Si a usted aún le funcionan las piernas, La Alberca está al final de un paseo, cuesta arriba, pero agradable. Trujillo está quintaesenciado en sí mismo. Trujillo se desparrama, pero solo se goza si se le anda cuesta arriba. Cené en La Alberca. Feria del Queso. Tuve suerte; reservé el mismo día y debí pillar el último número del sorteo. Llegué con y en calma. Entre bamboleantes pensamientos sobre lo que es, o pudiera ser, el tiempo. Lo que valen las piedras, lo que pesan y lo que cuesta levantarlas. Labras heráldicas arriba, buscando las últimas luces del día. Del bullicio de la plaza en feria, a las sombras de Santa María. Del estruendo al jadeo íntimo de los recodos del camino. De los vivos a las labras heráldicas de los muertos. Algo así como pasear por un cementerio inglés: mejora la lucidez de las entendederas y, al mismo tiempo, indefectiblemente, abre el apetito de carne fresca.

Por varios motivos La Alberca merece estas líneas. La charla que mantuve sobre vinos con quien parecía ser el dueño fue agradabilísima. Bastó que le diera pie para que se lanzara en tromba a pregonar las bondades de algunos de los mejores vinos extremeños. Llevo muchos restaurantes a las espaldas, algunas bodegas también, y en ningún sitio hallé mejor conversación sobre vinos. El hombre se mostró solícito en todo momento. Fue y vino para traer y mostrar tal o cual botella. Pasión. Se llama pasión, y apasionados son los que se la beben. Que si todavía le quedan botellas de aquel Gladiator que las narices de Robert Parker encumbraron, que si una gewurtraminer por aquí, que si una garnacha por allá. Habla que te habla, que la Esenzia de Toribio, que si tal o cual. Todo educadamente y sin atosigar. Para nota. De nota. Solo por esto merece la pena ir y volver a La Alberca.

Luego, el sitio. Las bellas callejuelas, las bóvedas de ladrillo visto, el pequeño patio, las flores cuidadas con mimo,… entrantes todos ellos que no aparecen en carta, pero predisponen para la felicidad. Un lugar de antes, de antes que Almodóvar nos rulara el gusto.

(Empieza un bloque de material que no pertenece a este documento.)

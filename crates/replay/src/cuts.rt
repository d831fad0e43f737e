//! Vectors of inputs that are cut at each place: what is read, its bytes, where its parts end, and what the strict reader
//! answers to all of it.

use crate::calls::{Count, count};
use crate::columns::columns;
use crate::mismatch::Mismatch;
use crate::one_by_one::all_items;
use crate::readers::{normalise, refusal};
use crate::strict::parse_refusal;
use std::alloc::Global;
use wasm_encoder::reader::Reason;
use wasm_encoder::{
    Call, CodeBody, ItemReader, RawSection, ReadError, TypeEntry, read_code_section,
    read_code_section_strict, read_instructions, read_instructions_strict, read_module,
    read_module_strict, read_sections, read_sections_strict, read_type_section,
    read_type_section_strict,
};

/// The answers of readers to the same bytes: the number of items, or the offset at which they refuse the bytes.
#[derive(Clone, Copy)]
struct Answers {
    wide: Count,
    strict: Count,
}

/// Holds the readers and the normaliser to the vector of a line, at each place where its bytes may be cut.
pub fn check(alloc: Global, line: &str) -> Result<(), Mismatch> {
    let (what, input, answer) = columns(line)?;
    let (ends, strict) = answer.split_once('\t').ok_or(Mismatch::NotUnderstood)?;
    let input = hex::decode(alloc, input)?;
    let ends = parse_ends(alloc, ends)?;
    let longer = parse_refusal(strict)?;
    check_cuts(alloc, what, input.as_slice(), ends.as_slice(), longer)
}

/// Reads the ends of the parts of the bytes: each call, the count of a list and each of its items, the header of a
/// module and each section. The column is `-` if they have none.
fn parse_ends(alloc: Global, column: &str) -> Result<Vec<usize>, Mismatch> {
    let mut ends = Vec::new(alloc);
    if column == "-" {
        return Ok(ends);
    }
    for word in column.split(' ') {
        let Ok(end) = word.parse() else {
            return Err(Mismatch::NotUnderstood);
        };
        ends.push(end)?;
    }
    Ok(ends)
}

fn check_cuts(
    alloc: Global,
    what: &str,
    input: &[u8],
    ends: &[usize],
    longer: Option<usize>,
) -> Result<(), Mismatch> {
    for size in 0..=input.len() {
        let cut = input.get(..size).ok_or(Mismatch::NotUnderstood)?;
        let expected = expected_answers(what, ends, size, longer);
        check_readers(alloc, what, cut, expected)?;
        check_one_by_one(alloc, what, cut, ends, expected)?;
        check_normaliser(alloc, what, cut, expected.wide)?;
        check_reason(alloc, what, cut, ends)?;
    }
    Ok(())
}

/// Checks that bytes cut before the last end are refused because they end.
fn check_reason(alloc: Global, what: &str, cut: &[u8], ends: &[usize]) -> Result<(), Mismatch> {
    match ends.last() {
        Some(end) if cut.len() < *end => {}
        _ => return Ok(()),
    }
    match refusal(alloc, what, cut)? {
        Some(refusal) if refusal.offset < refusal.at => Err(Mismatch::Place),
        Some(refusal) => check_end(refusal.reason, refusal.offset, cut.len()),
        None => Ok(()),
    }
}

/// The reason at this offset is that the bytes end after so many: in a part, in a body after its size, or in the header.
fn check_end(reason: Reason, offset: usize, len: usize) -> Result<(), Mismatch> {
    match reason {
        Reason::UnexpectedEnd { .. } if offset == len => Ok(()),
        Reason::SizeTooLarge { .. } if offset < len => Ok(()),
        Reason::NotAModule { .. } if len < 8 => Ok(()),
        _ => Err(Mismatch::Reason),
    }
}

/// Returns the expected answers to the first `size` bytes. The strict reader refuses a longer part at its start, once
/// the part is complete.
fn expected_answers(what: &str, ends: &[usize], size: usize, longer: Option<usize>) -> Answers {
    let (parts, last) = whole_parts(ends, size);
    let wide = if last == size && is_list(what, parts, ends.len()) {
        Ok(items(what, parts))
    } else {
        Err(last)
    };
    let strict = match longer {
        Some(at) if at < last => Err(at),
        _ => wide,
    };
    Answers { wide, strict }
}

/// How many parts are whole in so many bytes, and where the last of them ends.
fn whole_parts(ends: &[usize], size: usize) -> (usize, usize) {
    let mut parts: usize = 0;
    let mut last = 0;
    for end in ends {
        if *end <= size {
            parts = parts.saturating_add(1);
            last = *end;
        }
    }
    (parts, last)
}

/// Whether so many of all parts are a list: any calls; a header and any sections; a count and as many items.
fn is_list(what: &str, parts: usize, all: usize) -> bool {
    match what {
        "calls" => true,
        "module" | "sections" => parts > 0,
        _ => parts == all,
    }
}

/// How many of the parts are items: not the count or the header before them.
fn items(what: &str, parts: usize) -> usize {
    if what == "calls" {
        parts
    } else {
        parts.saturating_sub(1)
    }
}

fn check_readers(alloc: Global, what: &str, cut: &[u8], expected: Answers) -> Result<(), Mismatch> {
    match what {
        "calls" => {
            let strict = read_instructions_strict(alloc, cut);
            check_lists(read_instructions(alloc, cut), strict, expected)
        }
        "types" => {
            let strict = read_type_section_strict(alloc, cut);
            check_lists(read_type_section(alloc, cut), strict, expected)
        }
        "code" => {
            let strict = read_code_section_strict(alloc, cut);
            check_lists(read_code_section(alloc, cut), strict, expected)
        }
        _ => check_sections(
            read_module(alloc, cut),
            read_module_strict(alloc, cut),
            expected,
        ),
    }
}

/// Checks that iterators give items at the ends of the parts before, and refuse the bytes as readers of a list do.
fn check_one_by_one(
    alloc: Global,
    what: &str,
    cut: &[u8],
    ends: &[usize],
    expected: Answers,
) -> Result<(), Mismatch> {
    match what {
        "calls" => {
            let mut offsets = vec![in alloc; 0usize]?;
            offsets.extend_from_slice(ends)?;
            let wide = all_items(alloc, Ok(ItemReader::<Call>::to_end(alloc, cut)), &offsets)?;
            let strict = ItemReader::<Call>::to_end_strict(alloc, cut);
            let strict = all_items(alloc, Ok(strict), &offsets)?;
            check_lists(wide, strict, expected)
        }
        "types" => {
            let wide = all_items(alloc, ItemReader::<TypeEntry>::list(alloc, cut), ends)?;
            let strict = all_items(
                alloc,
                ItemReader::<TypeEntry>::list_strict(alloc, cut),
                ends,
            )?;
            check_lists(wide, strict, expected)
        }
        "code" => {
            let wide = all_items(alloc, ItemReader::<CodeBody>::list(alloc, cut), ends)?;
            let strict = all_items(alloc, ItemReader::<CodeBody>::list_strict(alloc, cut), ends)?;
            check_lists(wide, strict, expected)
        }
        _ => {
            let wide = all_items(alloc, read_sections(alloc, cut), ends)?;
            let strict = all_items(alloc, read_sections_strict(alloc, cut), ends)?;
            check_sections(wide, strict, expected)
        }
    }
}

/// The answers are the expected ones, and both lists are the same.
fn check_lists<T: PartialEq + Drop>(
    wide: Result<Vec<T>, ReadError>,
    strict: Result<Vec<T>, ReadError>,
    expected: Answers,
) -> Result<(), Mismatch> {
    let are_same = match (&wide, &strict) {
        (Ok(wide), Ok(strict)) => wide == strict,
        _ => true,
    };
    check_answers(are_same, count(wide)?, count(strict)?, expected)
}

/// The same of lists of sections.
fn check_sections(
    wide: Result<Vec<RawSection<'_>>, ReadError>,
    strict: Result<Vec<RawSection<'_>>, ReadError>,
    expected: Answers,
) -> Result<(), Mismatch> {
    let are_same = match (&wide, &strict) {
        (Ok(wide), Ok(strict)) => are_same_sections(wide.as_slice(), strict.as_slice()),
        _ => true,
    };
    check_answers(are_same, count(wide)?, count(strict)?, expected)
}

fn are_same_sections(sections: &[RawSection<'_>], others: &[RawSection<'_>]) -> bool {
    for (section, other) in sections.iter().zip(others) {
        if section.id != other.id || section.body != other.body {
            return false;
        }
    }
    true
}

fn check_answers(
    are_same: bool,
    wide: Count,
    strict: Count,
    expected: Answers,
) -> Result<(), Mismatch> {
    if are_same && wide == expected.wide && strict == expected.strict {
        Ok(())
    } else {
        Err(Mismatch::Read)
    }
}

/// Checks that the normaliser takes or refuses the bytes as the reader does. Sections alone have no normal form.
fn check_normaliser(
    alloc: Global,
    what: &str,
    cut: &[u8],
    expected: Count,
) -> Result<(), Mismatch> {
    if what == "sections" {
        return Ok(());
    }
    match (normalise(alloc, what, cut)?, expected) {
        (Ok(_), Ok(_)) => Ok(()),
        (Err(at), Err(place)) if at == place => Ok(()),
        _ => Err(Mismatch::Normalised),
    }
}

Y para postre, se come. A la carta y, en días pobres, menú diario. Una carta fundada en los sencillos platos de siempre. Ensaladas, raja y pela, mucha brasa y, por supuesto, croquetas. Trucha a la navarra, moraga a la trujillana, y queso, mucho queso. Y migas. Y revueltos. Precisamente un revuelto de morcilla de Guadalupe abrió plaza. Infausto recuerdo. A las tres de esa madrugada me desperté inquieto. Pensé en un primer pensamiento que bien pudiera ser un ataque de sana responsabilidad por tener que presidir la corrida de toros del día entrante. En realidad fue una insana indigestión de morcilla. Como de todo y todo lo digiero bien,… menos la morcilla. Que Dios y la Virgen Santa de Guadalupe me lo perdonen y no me lo tengan en cuenta el día del Juicio Final. Por cierto, al hilo me entra una duda, ¿se comerá en los Cielos? Supongo que Dios tendrá prevista esta diminuta, pero no baladí, contingencia.

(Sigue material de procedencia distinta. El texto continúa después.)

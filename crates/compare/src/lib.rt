// Comparisons of words, signed and unsigned, which answer 1 or 0; and AND, OR and NOT of all 16 bits.
// Below: basis, whose laws are cited. Above: the machine's instructions. No function asks anything of its words.
#![tactic(auto, unfolding(basis::specs::Integer::eq_of, basis::specs::Integer::ne_of, basis::specs::Integer::leu_of, basis::specs::Integer::geu_of, basis::specs::Integer::geq_of, basis::specs::Integer::truth, basis::specs::Integer::and_of, basis::specs::Integer::or_of, basis::specs::Integer::not_of, basis::specs::Integer::flipped))]

ghost use Rattle.std.specs.Prelude.{◌≡◌};
ghost use Rattle.basis.specs.Integer.{eq_of, ne_of, leq_of, geq_of, leu_of, geu_of, and_of, or_of, not_of};

pub fn equal(x: u16, y: u16) -> u16
    ensures { result ≡ eq_of x y }
{
    if x == y {
        return 1;
    }
    0
}

pub fn differ(x: u16, y: u16) -> u16
    ensures { result ≡ ne_of x y }
{
    if x != y {
        return 1;
    }
    0
}

// 32,768 added to both turns the signed order into that of the words.
#[tactic(auto, using(basis::proofs::Integer::leq_is), unfolding(basis::specs::Integer::truth))]
pub fn leq(x: u16, y: u16) -> u16
    ensures { result ≡ leq_of x y }
{
    if x.wrapping_add(32768) <= y.wrapping_add(32768) {
        return 1;
    }
    0
}

#[tactic(auto, unfolding(basis::specs::Integer::leq_of, basis::specs::Integer::geq_of))]
pub fn geq(x: u16, y: u16) -> u16
    ensures { result ≡ geq_of x y }
{
    leq(y, x)
}

pub fn leu(x: u16, y: u16) -> u16
    ensures { result ≡ leu_of x y }
{
    if x <= y {
        return 1;
    }
    0
}

#[tactic(auto, unfolding(basis::specs::Integer::leu_of, basis::specs::Integer::geu_of))]
pub fn geu(x: u16, y: u16) -> u16
    ensures { result ≡ geu_of x y }
{
    leu(y, x)
}

pub fn bit_and(x: u16, y: u16) -> u16
    ensures { result ≡ and_of x y }
{
    x & y
}

pub fn bit_or(x: u16, y: u16) -> u16
    ensures { result ≡ or_of x y }
{
    x | y
}

// All 16 bits flipped.
pub fn bit_not(x: u16) -> u16
    ensures { result ≡ not_of x }
{
    x ^ 65535
}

El revuelto no estaba malo, una ración más bien pensada para compartir, que me zampé con gusto. De segundo chuletillas de cordero (el sitio presume de asador, de brasa y de carne). Lo que opino sobre las chuletillas de cordero en Extremadura ya se lo tengo dicho. Si no se ha viajado mucho estaban buenas. Y el postre del postre creo que fue un flan de coco, pero no puedo asegurarlo; bien presentado, pero más bien insípido. En fin, y en resumen, lástima no habernos conocido antes. La Alberca, escalera al cielo.